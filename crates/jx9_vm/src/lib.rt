//! The machine: it makes the ops of a code over a base and a sink, and counts the units that scripts take.
#![tactic(auto)]

mod ending;
mod joining;
mod laws;
mod layers;
mod machine;
mod meter;
mod operators;
mod running;
mod stop;
#[cfg(test)]
mod tests;
mod unshown;
mod work;

pub use ending::Ending;
pub use laws::code_means_its_scripts;
pub use meter::Meter;
pub use running::exec;
pub use stop::{Ran, Stop, StopCause};
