//! A law of scripts that are compiled and then run, the contract of a call that does nothing.

ghost use Rattle.jx9_vm.specs.Laws.{MeansItsScripts};

use jx9_compile::{Code, code_ends_once};
use jx9_meaning::every_script_ends;

/// The code of a script does what the script means, and nothing else: `exec` answers by the run of the code, and that run
/// has the events, the ending, the units left and the session of the script's meaning. What `compile` promises of a code is
/// the premise.
pub fn code_means_its_scripts(code: &Code)
    ensures { MeansItsScripts code.now }
{
    every_script_ends();
    code_ends_once(code);
}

**Problem to work on:** Up to and including the line that contains "and that run", restate word for word every line of the entries, starting from the first.

**Exercise result:**
filename crates/jx9_vm/src/lib.rt
//! The machine: it makes the ops of a code over a base and a sink, and counts the units that scripts take.
#![tactic(auto)]

mod ending;
mod joining;
mod laws;
mod layers;
mod machine;
mod meter;
mod operators;
mod running;
mod stop;
#[cfg(test)]
mod tests;
mod unshown;
mod work;

pub use ending::Ending;
pub use laws::code_means_its_scripts;
pub use meter::Meter;
pub use running::exec;
pub use stop::{Ran, Stop, StopCause};
//! A law of scripts that are compiled and then run, the contract of a call that does nothing.

ghost use Rattle.jx9_vm.specs.Laws.{MeansItsScripts};

use jx9_compile::{Code, code_ends_once};
use jx9_meaning::every_script_ends;

/// The code of a script does what the script means, and nothing else: `exec` answers by the run of the code, and that run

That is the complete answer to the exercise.